AGU mantém processo de caducidade da concessão da Enel em São Paulo
A Advocacia-Geral da União rejeitou recurso da Enel, permitindo que a Aneel siga com a investigação sobre a possível cassação da concessão no estado.
Pontos principais
- A AGU concluiu que não houve ilegalidades no processo administrativo conduzido pela Aneel.
- O parecer técnico validou a metodologia de cálculo utilizada pela agência reguladora.
- A Enel contestava a forma como o restabelecimento de energia foi medido após os apagões de dezembro de 2025.
- O processo de caducidade considera um histórico de falhas operacionais e de planejamento da distribuidora.

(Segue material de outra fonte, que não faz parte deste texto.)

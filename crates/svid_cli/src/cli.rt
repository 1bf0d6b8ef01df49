//! The command line: which command to run, and on which files.

use crate::commands::{command, help_of};
use crate::failure::{Failure, tool_input};
use crate::input::{Input, Stream};
use crate::kept::Kept;
use crate::mistake::one_line;
use crate::refusals::{JSON, LINES};
use crate::sentence::Words;
use crate::trust_domain::bundles_of;
use crate::words::{bytes_of_text, words};
use clap::error::ErrorKind;
use clap::{ArgMatches, Error};
use hex::FromHex;
use std::alloc::Global;
use std::env::Env;
use std::fs::File;
use std::io::{BufWriter, Cursor, Write};
use std::{io, str};
use svid_documents::is_unnamed;
use svid_keys::BundleFault;
use svid_lines::{CheckSetting, run_candidates, run_check, run_id};
use svid_share::{ToolFault, read_input, run_answer, run_merge, run_report, run_summary};
use svid_wire::Counted;

// Writes a mistake on the command line as one line on standard error.
fn mistake(rt: &HostRuntime, error: &Error, words: &[String]) -> Result<u8, Failure> {
    let text = error.to_string(rt.alloc())?;
    let mut line = one_line(rt.alloc(), text.as_str(), help_of(words))?;
    line.push(b'\n')?;
    match rt.stderr().write_all(&line) {
        Ok(()) => Ok(2),
        Err(_) => Err(Failure::from(ToolFault::Write)),
    }
}

// Answers a call for help on standard output.
fn usage(rt: &HostRuntime, error: &Error, words: &[String]) -> Result<u8, Failure> {
    if error.kind() == ErrorKind::OutOfMemory {
        return Err(Failure::from(ToolFault::OutOfMemory));
    }
    if error.use_stderr() {
        return mistake(rt, error, words);
    }
    match error.print(rt) {
        Ok(()) => Ok(0),
        Err(_) => Err(Failure::from(ToolFault::Write)),
    }
}

// 0 where the answer is yes, 1 where something was refused.
fn status_of(accepted: bool) -> u8 {
    if accepted { 0 } else { 1 }
}
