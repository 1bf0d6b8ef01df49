//! Why tokens are refused, in the order of the checks, as `svid refusals` prints it.

// lists:begin refusals (written by tools/lists from lists/refusals.toml)

/// A line for each refusal: its number of the C library, its name, and a sentence.
pub static LINES: [&str; 25] = [
    "101 TooLong: The token has more than 65,536 bytes.",
    "102 NotThreeParts: The token has not exactly two periods.",
    "103 HeaderSpelling: The header is not base64url.",
    "104 HeaderNotObject: The header is no JSON object.",
    "105 Crit: The header has a member crit.",
    "106 Alg: alg is none of the nine algorithms RS256 to RS512, ES256 to ES512 and PS256 to PS512.",
    "107 Typ: typ is there, and is neither \"JWT\" nor \"JOSE\".",
    "108 Kid: kid is there, and is no string.",
    "109 PayloadSpelling: The payload is not base64url.",
    "110 PayloadNotObject: The payload is no JSON object.",
    "111 SignatureSpelling: The signature is empty, or not base64url.",
    "112 Sub: sub is no SPIFFE ID.",
    "113 Aud: aud is neither a string nor a list of one or more strings.",
    "114 Exp: exp is no whole number from 0 to 2^64-1, written with digits alone.",
    "115 Nbf: nbf is there, and is no whole number from 0 to 2^64-1.",
    "116 Jti: jti is there, and is no string.",
    "117 NotAudience: No value of aud is one of the validator's audiences.",
    "118 Expired: The token has expired: exp is not greater than the record's moment.",
    "119 NotYet: The token is not valid yet: nbf is greater than the record's moment.",
    "120 TooLongLived: The token expires more than longest seconds past the record's moment.",
    "121 UnknownDomain: The bundles have no trust domain of this name.",
    "122 NoKey: The trust domain has no key that fits alg and kid.",
    "123 BadSignature: No key among the first 3 that fit made the signature.",
    "124 Withdrawn: The token was withdrawn.",
    "125 Replayed: The token was accepted before, here or by a validator whose messages were taken.",
];

/// The same as JSON: a list of objects.
pub static JSON: [&str; 27] = [
    "[",
    "{\"number\": 101, \"name\": \"TooLong\", \"sentence\": \"The token has more than 65,536 bytes.\"},",
    "{\"number\": 102, \"name\": \"NotThreeParts\", \"sentence\": \"The token has not exactly two periods.\"},",
    "{\"number\": 103, \"name\": \"HeaderSpelling\", \"sentence\": \"The header is not base64url.\"},",
    "{\"number\": 104, \"name\": \"HeaderNotObject\", \"sentence\": \"The header is no JSON object.\"},",
    "{\"number\": 105, \"name\": \"Crit\", \"sentence\": \"The header has a member `crit`.\"},",
    "{\"number\": 106, \"name\": \"Alg\", \"sentence\": \"`alg` is none of the nine algorithms RS256 to RS512, ES256 to ES512 and PS256 to PS512.\"},",
    "{\"number\": 107, \"name\": \"Typ\", \"sentence\": \"`typ` is there, and is neither \\\"JWT\\\" nor \\\"JOSE\\\".\"},",
    "{\"number\": 108, \"name\": \"Kid\", \"sentence\": \"`kid` is there, and is no string.\"},",
    "{\"number\": 109, \"name\": \"PayloadSpelling\", \"sentence\": \"The payload is not base64url.\"},",
    "{\"number\": 110, \"name\": \"PayloadNotObject\", \"sentence\": \"The payload is no JSON object.\"},",
    "{\"number\": 111, \"name\": \"SignatureSpelling\", \"sentence\": \"The signature is empty, or not base64url.\"},",
    "{\"number\": 112, \"name\": \"Sub\", \"sentence\": \"`sub` is no SPIFFE ID.\"},",
    "{\"number\": 113, \"name\": \"Aud\", \"sentence\": \"`aud` is neither a string nor a list of one or more strings.\"},",
    "{\"number\": 114, \"name\": \"Exp\", \"sentence\": \"`exp` is no whole number from 0 to 2^64-1, written with digits alone.\"},",
    "{\"number\": 115, \"name\": \"Nbf\", \"sentence\": \"`nbf` is there, and is no whole number from 0 to 2^64-1.\"},",
    "{\"number\": 116, \"name\": \"Jti\", \"sentence\": \"`jti` is there, and is no string.\"},",
    "{\"number\": 117, \"name\": \"NotAudience\", \"sentence\": \"No value of `aud` is one of the validator's audiences.\"},",
    "{\"number\": 118, \"name\": \"Expired\", \"sentence\": \"The token has expired: `exp` is not greater than the record's moment.\"},",
    "{\"number\": 119, \"name\": \"NotYet\", \"sentence\": \"The token is not valid yet: `nbf` is greater than the record's moment.\"},",
    "{\"number\": 120, \"name\": \"TooLongLived\", \"sentence\": \"The token expires more than `longest` seconds past the record's moment.\"},",
    "{\"number\": 121, \"name\": \"UnknownDomain\", \"sentence\": \"The bundles have no trust domain of this name.\"},",
    "{\"number\": 122, \"name\": \"NoKey\", \"sentence\": \"The trust domain has no key that fits `alg` and `kid`.\"},",
    "{\"number\": 123, \"name\": \"BadSignature\", \"sentence\": \"No key among the first 3 that fit made the signature.\"},",
    "{\"number\": 124, \"name\": \"Withdrawn\", \"sentence\": \"The token was withdrawn.\"},",
    "{\"number\": 125, \"name\": \"Replayed\", \"sentence\": \"The token was accepted before, here or by a validator whose messages were taken.\"}",
    "]",
];
// lists:end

A Advocacia-Geral da União (AGU) negou o recurso apresentado pela Enel São Paulo, decisão que garante a continuidade do processo administrativo da Aneel voltado à possível cassação da concessão da empresa. Segundo o parecer do procurador Marcelo Escalante Gonçalves, os argumentos da distribuidora limitavam-se a divergências técnicas, não comprovando ilegalidades na condução do caso pela agência reguladora. A empresa questionava especificamente a metodologia de medição do restabelecimento de energia após os apagões ocorridos em dezembro de 2025. Contudo, a AGU reforçou a validade dos critérios da Aneel, destacando que o processo de caducidade é fundamentado em um conjunto amplo de falhas operacionais e de planejamento. A manutenção do trâmite é um passo relevante na fiscalização do serviço de energia elétrica na região, mantendo a pressão sobre a concessionária diante das recorrentes críticas à qualidade do atendimento prestado aos consumidores paulistas.